A cooperative group housing society insisted it was not a “promoter.”
A buyer insisted it behaved exactly like one.
The Delhi High Court chose not to debate identity.
It examined conduct.
The facts were uncomplicated—and decisive:
- Flats were marketed through brochures and payment plans
- Money was collected from prospective allottees
- Delivery timelines were promised
- Refund was sought when those promises failed
RERA had ordered refund with interest.
The Appellate Tribunal upheld it.
The Society appealed, relying on its label.
The Court refused to play along.
By walking through Section 2(zk) of RERA, the High Court made its position unmistakable:
If an entity markets, collects, promises, and allots—
it is a promoter, regardless of what it calls itself.
The argument that a cooperative society enjoys structural immunity was rejected outright.
RERA, the Court clarified, regulates activity, not incorporation form.
The appeal was dismissed—with costs.
Why this ruling matters
This judgment quietly closes a loophole that had survived in practice, if not in law.
It tells the market:
- You cannot outsource development risk to a cooperative wrapper
- You cannot collect buyer money without regulatory accountability
- You cannot escape RERA by choosing a different legal costume
In real estate, function now dominates form.
II. When Regulators Test the Edge of Their Power
The Karnataka “Delay Fee” Batch (19 September 2025)
If Revanta is about expanding accountability, the Karnataka cases are about restraining excess.
Here, the conflict ran in the opposite direction.
K-RERA had issued a circular in September 2020:
-
Failure to file quarterly project updates or annual audits would attract a “delay fee.”
Developers did not dispute their reporting obligations.
They disputed something more fundamental:
Can a regulator invent financial liabilities by circular?
Multiple developers—including SBR Group, Sindhuri Infra, and others—approached the Karnataka High Court.
Justice M. Nagaprasanna’s answer was calibrated, not combative.
The Court held:
- Yes, RERA mandates transparency
- Yes, quarterly and annual reporting is compulsory
- Yes, regulators must enforce compliance
But—
Penalties must arise from statute or rules—not administrative creativity.
A circular, the Court reminded, cannot do what the Act itself does not permit.

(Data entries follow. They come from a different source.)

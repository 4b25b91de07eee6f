//! Calls that wrap a text. One returns its lines, concatenated, and where each ends. The others
//! return where each begins and ends in the plain text, all at once or one by one.
ghost use Rattle.std.specs.Prelude.{◌≡◌, ◌⊎◌, ◌<◌, ◌≤◌, [], ◌++◌, length, drop, flat_map, map};
ghost use Rattle.std.specs.Prelude.{◌∷◌, IsTrue, IsFalse, IfNone, IfSome, not, ◌||◌, bytes_eq};
ghost use Rattle.std.specs.Prelude.{IfOk, string_bytes};
ghost use Rattle.ansi_items.specs.Plain.{has_escape};
ghost use Rattle.ansi_safe.specs.Cells.{paragraph};
ghost use Rattle.ansi_text_calls.specs.Lists.{ends_from, AreCopied, AreWritten};
ghost use Rattle.ansi_clusters.specs.LineWalks.{IsLineWalk};
ghost use Rattle.ansi_calls.specs.Columns.{wrapped_lines, Wraps, GivesIndented, WrapsWith};
ghost use Rattle.ansi_calls.specs.Columns.{line_entries, WritesLines, BeginsLines, GivesNextLine};

use ansi_columns::laws;
use ansi_columns::line_walks::{LineWalk, next_line, walk_lines};
use ansi_columns::lines::Lines;
use ansi_columns::wrap::indents::{Wrap, wrap_with as wrapped_with};
use ansi_columns::wrap::{AnsiWrap, only_line, wrap as wrapped};
use ansi_safe::cells::is_paragraph;
use ansi_safe::printable::printable_len;
use ansi_safe::utf8::from_utf8;
use ansi_str::AnsiStr;
use ansi_style::styles;
use ansi_text_calls::answers::{Answer, NO, NOT_UTF8, OK, TOO_SMALL};
use ansi_text_calls::lists::{ListAnswer, copy_texts, put, write_copied, write_list, write_texts};
use ansi_text_calls::walks::write_between;
use std::alloc::Allocator;

/// An entry for a line: where it begins and ends, in bytes of the plain text.
#[repr(C)]
#[derive(Clone, Copy)]
pub struct LineEntry {
    pub start: usize,
    pub end: usize,
}

/// The lines of the text wrapped at `width` columns, ready for display, and where each ends.
#[tactic(auto, unfolding(crate::specs::Columns::GivesWrapped))]
pub fn wrap<A: Allocator + Copy>(
    alloc: A,
    text: &[u8],
    width: usize,
    buffer: &mut [u8],
    ends: &mut [usize],
) -> ListAnswer
    ensures { Wraps text.now width result buffer.old buffer.new ends.old ends.new }
{
    let Ok(text) = from_utf8(text) else {
        return ListAnswer::failed(NOT_UTF8);
    };
    if is_bare_line(text, width) {
        return write_list(text.as_bytes(), &[text.len()], buffer, ends);
    }
    if is_bare_paragraph(text) {
        return write_bare_lines(alloc, text, width, buffer, ends);
    }
    let lines = wrapped(alloc, text, width);
    match write_only(&lines, buffer, ends) {
        Some(answer) => answer,
        None => write_texts(alloc, text.len(), lines, buffer, ends),
    }
}

/// Whether a text is printable ASCII alone that fits into a line and doesn't end with a blank, so that
/// it is its only line. `false` says nothing.
#[inline(always)]
fn is_bare_line(text: &str, width: usize) -> bool
    ensures { IsTrue result → wrapped_lines text.now width ≡ text.now ∷ [] }
{
    let len = text.len();
    if len == 0 || width < len {
        return false;
    }
    let last = text.as_bytes()[len - 1];
    if last <= b' ' || last > b'~' {
        return false;
    }
    printable_len(text.as_bytes()) == len
}

/// Writes the only line of a wrap and where it ends, if it is known that there is only one, and there
/// is room. `None` says nothing, and nothing is written then. Doesn't allocate.
fn write_only<A: Allocator>(
    lines: &AnsiWrap<'_, A>,
    buffer: &mut [u8],
    ends: &mut [usize],
) -> Option<ListAnswer>
    ensures some { IfSome result (λ answer. AreWritten (flat_map (λ t. t) (map (λ l. l.bytes)
        lines.now)) (ends_from 0 (map (λ l. l.bytes) lines.now)) answer buffer.old buffer.new
        ends.old ends.new) }
    ensures none { IfNone result ((buffer.new ≡ buffer.old) × (ends.new ≡ ends.old)) }
{
    let (text, style) = only_line(lines)?;
    if ends.is_empty() {
        return None;
    }
    let close = styles::short_close(&style)?;
    let answer = write_between("", text, close.as_str(), buffer);
    if answer.status != OK {
        return None;
    }
    ends[0] = answer.len;
    Some(ListAnswer {
        status: OK,
        count: 1,
        len: answer.len,
    })
}

/// The lines of the text wrapped at `width` columns with an indent before each, ready for display,
/// and where each ends.
pub fn wrap_with<A: Allocator + Copy>(
    alloc: A,
    text: &[u8],
    width: usize,
    first_indent: &[u8],
    indent: &[u8],
    buffer: &mut [u8],
    ends: &mut [usize],
) -> ListAnswer
    ensures { WrapsWith text.now width first_indent.now indent.now result buffer.old buffer.new
        ends.old ends.new }
{
    let Ok(text) = from_utf8(text) else {
        return ListAnswer::failed(NOT_UTF8);
    };
    let Ok(first_indent) = from_utf8(first_indent) else {
        return ListAnswer::failed(NOT_UTF8);
    };
    let Ok(indent) = from_utf8(indent) else {
        return ListAnswer::failed(NOT_UTF8);
    };
    let to = Wrap::at(width).first_indent(first_indent).indent(indent);
    write_indented(alloc, text, &to, buffer, ends)
}

/// The same for texts that are known to be UTF-8.
fn write_indented<A: Allocator + Copy>(
    alloc: A,
    text: &str,
    to: &Wrap<'_>,
    buffer: &mut [u8],
    ends: &mut [usize],
) -> ListAnswer
    ensures { GivesIndented text.now to.now.width to.now.first_indent.now to.now.indent.now result
        buffer.old buffer.new ends.old ends.new }
{
    write_texts(
        alloc,
        text.len(),
        wrapped_with(alloc, text, to),
        buffer,
        ends,
    )
}

/// Whether a text has no ESC and is its own paragraph.
fn is_bare_paragraph(text: &str) -> bool
    ensures { result
        ≡ not (has_escape text.now || not (bytes_eq (paragraph text.now) text.now)) }
{
    !text.ansi_has_any() && is_paragraph(text)
}

/// Writes the lines of a paragraph without ESC, and where each ends, if there is room for all of
/// them. Doesn't allocate.
fn write_bare_lines<A: Allocator + Copy>(
    alloc: A,
    text: &str,
    width: usize,
    buffer: &mut [u8],
    ends: &mut [usize],
) -> ListAnswer
    requires paragraph { paragraph text.now ≡ text.now }
    requires bare { IsFalse (has_escape text.now) }
    ensures { AreWritten (flat_map (λ l. l) (wrapped_lines text.now width))
        (ends_from 0 (wrapped_lines text.now width)) result buffer.old buffer.new ends.old
        ends.new }
{
    laws::lines_lose_blanks_and_line_ends();
    let copy = |buffer: &mut [u8], ends: &mut [usize]| copy_bare_lines(
        alloc, text, width, buffer, ends,
    );
    write_copied(text.len(), text.len() + 1, copy, buffer, ends)
}

/// Writes the lines of a paragraph without ESC, and where each ends, as far as there is room.
/// Returns their number and their total length.
fn copy_bare_lines<A: Allocator + Copy>(
    alloc: A,
    text: &str,
    width: usize,
    buffer: &mut [u8],
    ends: &mut [usize],
) -> (usize, usize)
    requires paragraph { paragraph text.now ≡ text.now }
    requires bare { IsFalse (has_escape text.now) }
    ensures { AreCopied (wrapped_lines text.now width) result buffer.old buffer.new ends.old
        ends.new }
{
    laws::lines_lose_blanks_and_line_ends();
    copy_texts(wrapped(alloc, text, width), buffer, ends)
}

/// Where each line of the text wrapped at `width` columns begins and ends in the plain text.
pub fn lines(text: &[u8], width: usize, entries: &mut [LineEntry]) -> ListAnswer
    ensures { WritesLines text.now width result entries.old entries.new }
{
    match from_utf8(text) {
        Ok(text) => write_lines(text, width, entries),
        Err(_) => ListAnswer::failed(NOT_UTF8),
    }
}

/// Writes where each line begins and ends, if there is room for all of them.
#[tactic(auto, using(crate::proofs::LineListLemmas::few_entries))]
fn write_lines(text: &str, width: usize, entries: &mut [LineEntry]) -> ListAnswer
    ensures { AreWritten [] (line_entries text.now width) result [] [] entries.old entries.new }
{
    // There is at most one line more than the text has bytes, so they fit if the entries are as many.
    if entries.len() <= text.len() {
        let count = copy_lines(text, width, &mut []);
        if count > entries.len() {
            return ListAnswer {
                status: TOO_SMALL,
                count,
                len: 0,
            };
        }
    }
    let count = copy_lines(text, width, entries);
    ListAnswer {
        status: OK,
        count,
        len: 0,
    }
}

/// Writes where each line begins and ends, as far as there is room. Returns the number of lines.
fn copy_lines(text: &str, width: usize, entries: &mut [LineEntry]) -> usize
    ensures count { result ≡ length (line_entries text.now width) }
    ensures entries { length (line_entries text.now width) ≤ length entries.old →
        entries.new ≡ line_entries text.now width
        ++ drop (length (line_entries text.now width)) entries.old }
{
    let mut count = 0;
    for line in Lines::new(text, width) {
        let (start, end) = line;
        count = put(&[LineEntry { start, end }], count, entries);
    }
    count
}

/// Begins a walk over the lines of the text wrapped at `width` columns.
pub fn lines_begin<'a>(text: &'a [u8], width: usize, walk: &mut LineWalk<'a>) -> Answer
    ensures { BeginsLines text.now width result walk.old walk.new }
{
    let Ok(text) = from_utf8(text) else {
        return Answer::failed(NOT_UTF8);
    };
    *walk = walk_lines(text, width);
    Answer::done(0)
}

/// Takes the next line off a walk: where it begins and ends in the plain text.
pub fn lines_next(walk: &mut LineWalk<'_>, line: &mut LineEntry) -> Answer
    requires { IsLineWalk walk.old }
    ensures walk { IsLineWalk walk.new }
    ensures next { GivesNextLine walk.old walk.new line.old line.new result }
{
    match next_line(walk) {
        Some((start, end)) => {
            *line = LineEntry { start, end };
            Answer::done(0)
        }
        None => Answer::failed(NO),
    }
}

The delay fee was therefore read down.
Compliance obligations survived.
Arbitrary financial impositions did not.
Why this ruling matters
This batch of cases draws a clean constitutional boundary:
-
Regulation is not governance by memo
-
Enforcement is not a license to improvise
-
Transparency cannot be purchased by illegality
The judiciary did not weaken RERA.
It disciplined it.
And in doing so, it preserved the credibility of regulation itself.
The Connecting Thread: Discretion Is Not a Free Pass
Read together, these cases complete the arc that began in earlier editions.
Where earlier judgments dealt with:
- interpretation
- jurisdiction
- execution
These cases deal with something more delicate:
discretion.
- Entities cannot use labels to dilute liability
- Regulators cannot use purpose to exceed power
In both directions, courts are applying the same test:
What does the statute actually allow—no more, no less?
This is not judicial activism.
It is judicial containment.
The Larger Architecture: Accountability Without Overreach
Indian real estate law has entered a phase of refinement.
- Buyers are protected—but not by abandoning legal structure
- Developers are accountable—but not by expanding authority informally
- Regulators are empowered—but not unbounded
This is what mature regulation looks like.
Not louder.
Not harsher.
But precisely drawn.
The era of semantic escape is ending.
And the era of regulatory improvisation is being checked.
What survives is something sturdier:
Accountability anchored in statute.
Power exercised within limits.
And credibility earned through restraint.
— Arindam Bose
BeEstates
⬡⬡⬡⬡⬡⬡⬡⬡⬡⬡⬡⬡⬡⬡⬡⬡⬡⬡⬡⬡⬡⬡⬡⬡⬡⬡⬡⬡⬡⬡⬡⬡⬡⬡⬡⬡⬡⬡⬡⬡⬡⬡⬡⬡⬡⬡⬡⬡⬡⬡⬡⬡⬡⬡⬡⬡⬡
Disclaimer
This article is based on publicly available court judgments, statutory provisions, and independent legal research. It is intended for educational and informational purposes only and does not constitute legal advice. Readers should consult qualified professionals for case-specific guidance.